The limit \(e^{t^2/2}\) is the MGF of \(N(0,1)\), proving convergence in distribution.


Python Exploration

import numpy as np
from scipy.misc import derivative

def mgf_normal(t, mu, sigma2):
    """MGF of Normal(mu, sigma2)."""
    return np.exp(mu * t + sigma2 * t**2 / 2)

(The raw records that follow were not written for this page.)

ghost use Rattle.std.specs.Prelude.{◌≡◌, length};
ghost use Rattle.model.specs.Model.{net as layered};
ghost use Rattle.model.specs.Nets.{fresh};
ghost use Rattle.model.specs.Edits.{accept as Accept, map_to as MapTo, over as Over, drop_accept as DropAccept, drop_map as DropMap, enter as Enter};
ghost use Rattle.table.specs.Settling.{Settles};
ghost use Rattle.nets.specs.Resolving.{Resolved, resolved_slots};
ghost use Rattle.nets.specs.Shape.{inner, net_means};

use crate::gather::{any_meets, gather};
use crate::net::Net;
use model::blocks::{AcceptBlock, MapBlock};
use model::faults::Fault;
use model::names::Name;
use space::Space;
use table::table::Table;

impl<B: Space> Net<B> {
    // A fresh net over a space: no blocks, no overlays, entry 0.
    pub fn new(group: u16, below: B) -> Net<B>
        ensures { (net_means B.Space.means result).shape ≡ layered (fresh group) (B.Space.means below).shape }
    {
        Net {
            table: Table::new(group),
            below,
        }
    }

    // The list at an address of a stated node; refused with 1 it leaves the slots as they were.
    pub fn resolve(&self, node: u8, address: u64, slots: &mut [Name]) -> Result<(usize, u64), Fault>
        ensures answer { Resolved (inner self.now.table).keeps (B.Space.means self.now.below).shape node address (length slots.old) result }
        ensures buffer { slots.new ≡ resolved_slots (inner self.now.table).keeps (B.Space.means self.now.below).shape node address slots.old }
    {
        let notes = self.table.walk(node, address)?;
        let (count, room) = gather(&self.below, notes.items.as_slice(), notes.span, slots)?;
        Ok((count, address + room))
    }

    // Exchanges the space below, and hands the old one back.
    // One line in each layer: a trait that provided it would need a line in each for the field.
    pub fn plug(&mut self, below: B) -> B
        ensures old { result ≡ self.old.below }
        ensures kept { (net_means B.Space.means self.new).shape ≡ layered (inner self.old.table).keeps (B.Space.means below).shape }
    {
        std::mem::replace(&mut self.below, below)
    }

    // This and the next five only hand on to the table: each is a function of its own, since its contract names what it does.
    // That the space below stays is each one's own promise: a type cannot hold what a call leaves.

    // A node accepts the addresses of one more block.
    pub fn accept(&mut self, block: AcceptBlock) -> Result<(), Fault>
        ensures table { Settles (inner self.old.table).keeps (inner self.new.table).keeps (Accept block) result }
        ensures below { self.new.below ≡ self.old.below }
    {
        self.table.accept(block)
    }

    // A node sends the addresses of one more block on.
    pub fn map(&mut self, block: MapBlock) -> Result<(), Fault>
        ensures table { Settles (inner self.old.table).keeps (inner self.new.table).keeps (MapTo block) result }
        ensures below { self.new.below ≡ self.old.below }
    {
        self.table.map(block)
    }

    // A node sends on all that none of its blocks covers, or, at 33, no longer does.
    pub fn over(&mut self, node: u8, destination: u8) -> Result<(), Fault>
        ensures table { Settles (inner self.old.table).keeps (inner self.new.table).keeps (Over node destination) result }
        ensures below { self.new.below ≡ self.old.below }
    {
        self.table.over(node, destination)
    }

    // A node no longer accepts the addresses of a block.
    pub fn drop_accept(&mut self, block: AcceptBlock) -> Result<(), Fault>
        ensures table { Settles (inner self.old.table).keeps (inner self.new.table).keeps (DropAccept block) result }
        ensures below { self.new.below ≡ self.old.below }
    {
        self.table.drop_accept(block)
    }

    // A node no longer sends the addresses of a block on.
    pub fn drop_map(&mut self, block: MapBlock) -> Result<(), Fault>
        ensures table { Settles (inner self.old.table).keeps (inner self.new.table).keeps (DropMap block) result }
        ensures below { self.new.below ≡ self.old.below }
    {
        self.table.drop_map(block)
    }

    // Addresses from outside start at another node.
    pub fn enter(&mut self, node: u8) -> Result<(), Fault>
        ensures table { Settles (inner self.old.table).keeps (inner self.new.table).keeps (Enter node) result }
        ensures below { self.new.below ≡ self.old.below }
    {
        self.table.enter(node)
    }
}

impl<B: Space> Space for Net<B> {
    ghost means = { net_means B.Space.means };

    fn look(&self, address: u64, slots: &mut [Name]) -> Result<(usize, u64), Fault> {
        self.resolve(self.table.entry(), address, slots)
    }

    fn meets(&self, address: u64, name: Name) -> bool {
        let Ok(notes) = self.table.walk(self.table.entry(), address) else {
            unreachable!()
        };
        any_meets(&self.below, notes.items.as_slice(), name)
    }
}
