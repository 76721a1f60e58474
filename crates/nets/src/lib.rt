#![tactic(auto)]

// A net over any space: the layer that decodes through nodes.
pub mod edit;
mod gather;
pub mod layer;
pub mod methods;
pub mod net;
pub mod texts;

# Extract moments via numerical differentiation
mu, sigma2 = 3.0, 4.0

E_X = derivative(lambda t: mgf_normal(t, mu, sigma2), 0, n=1, dx=1e-6)
E_X2 = derivative(lambda t: mgf_normal(t, mu, sigma2), 0, n=2, dx=1e-6)
Var_X = E_X2 - E_X**2

print(f"E[X] = {E_X:.4f} (theoretical: {mu})")
print(f"E[X²] = {E_X2:.4f} (theoretical: {sigma2 + mu**2})")
print(f"Var(X) = {Var_X:.4f} (theoretical: {sigma2})")
import numpy as np
import matplotlib.pyplot as plt

def plot_mgf_comparison():
    """Plot MGFs of several distributions."""
    t = np.linspace(-1.5, 1.5, 300)

    fig, ax = plt.subplots(figsize=(12, 4))

    # Normal(0, 1)
    ax.plot(t, np.exp(t**2 / 2), label='N(0, 1)', lw=2)

    # Exponential(1)
    t_exp = t[t < 1]
    ax.plot(t_exp, 1 / (1 - t_exp), label='Exp(1)', lw=2)

    # Poisson(3)
    lam = 3
    ax.plot(t, np.exp(lam * (np.exp(t) - 1)), label='Poisson(3)', lw=2)

    # Bernoulli(0.5)
    p = 0.5
    ax.plot(t, 1 - p + p * np.exp(t), label='Bernoulli(0.5)', lw=2)

    ax.set_xlabel('t')
    ax.set_ylabel('M_X(t)')
    ax.set_title('Moment Generating Functions')
    ax.set_ylim(0, 15)
    ax.legend()
    ax.spines[['top', 'right']].set_visible(False)
    plt.tight_layout()
    plt.show()

plot_mgf_comparison()
import numpy as np

def verify_sum_of_normals(n_simulations=100_000):
    """Verify that sum of independent normals is normal via simulation."""
    np.random.seed(42)
    mu1, sigma1 = 2, 3
    mu2, sigma2 = 5, 4

    X1 = np.random.normal(mu1, sigma1, n_simulations)
    X2 = np.random.normal(mu2, sigma2, n_simulations)
    S = X1 + X2

    print(f"E[X1+X2] = {S.mean():.4f} (theoretical: {mu1 + mu2})")
    print(f"Var(X1+X2) = {S.var():.4f} (theoretical: {sigma1**2 + sigma2**2})")

verify_sum_of_normals()

Key Takeaways

  • The MGF \(M_X(t) = E[e^{tX}]\) encodes all moments: the \(n\)-th derivative at 0 gives \(E[X^n]\).
  • If two distributions have the same MGF (in a neighborhood of 0), they are identical.
  • For independent variables, the MGF of the sum is the product of individual MGFs.
  • MGFs provide elegant proofs for results like the distribution of sums of normals and the Central Limit Theorem.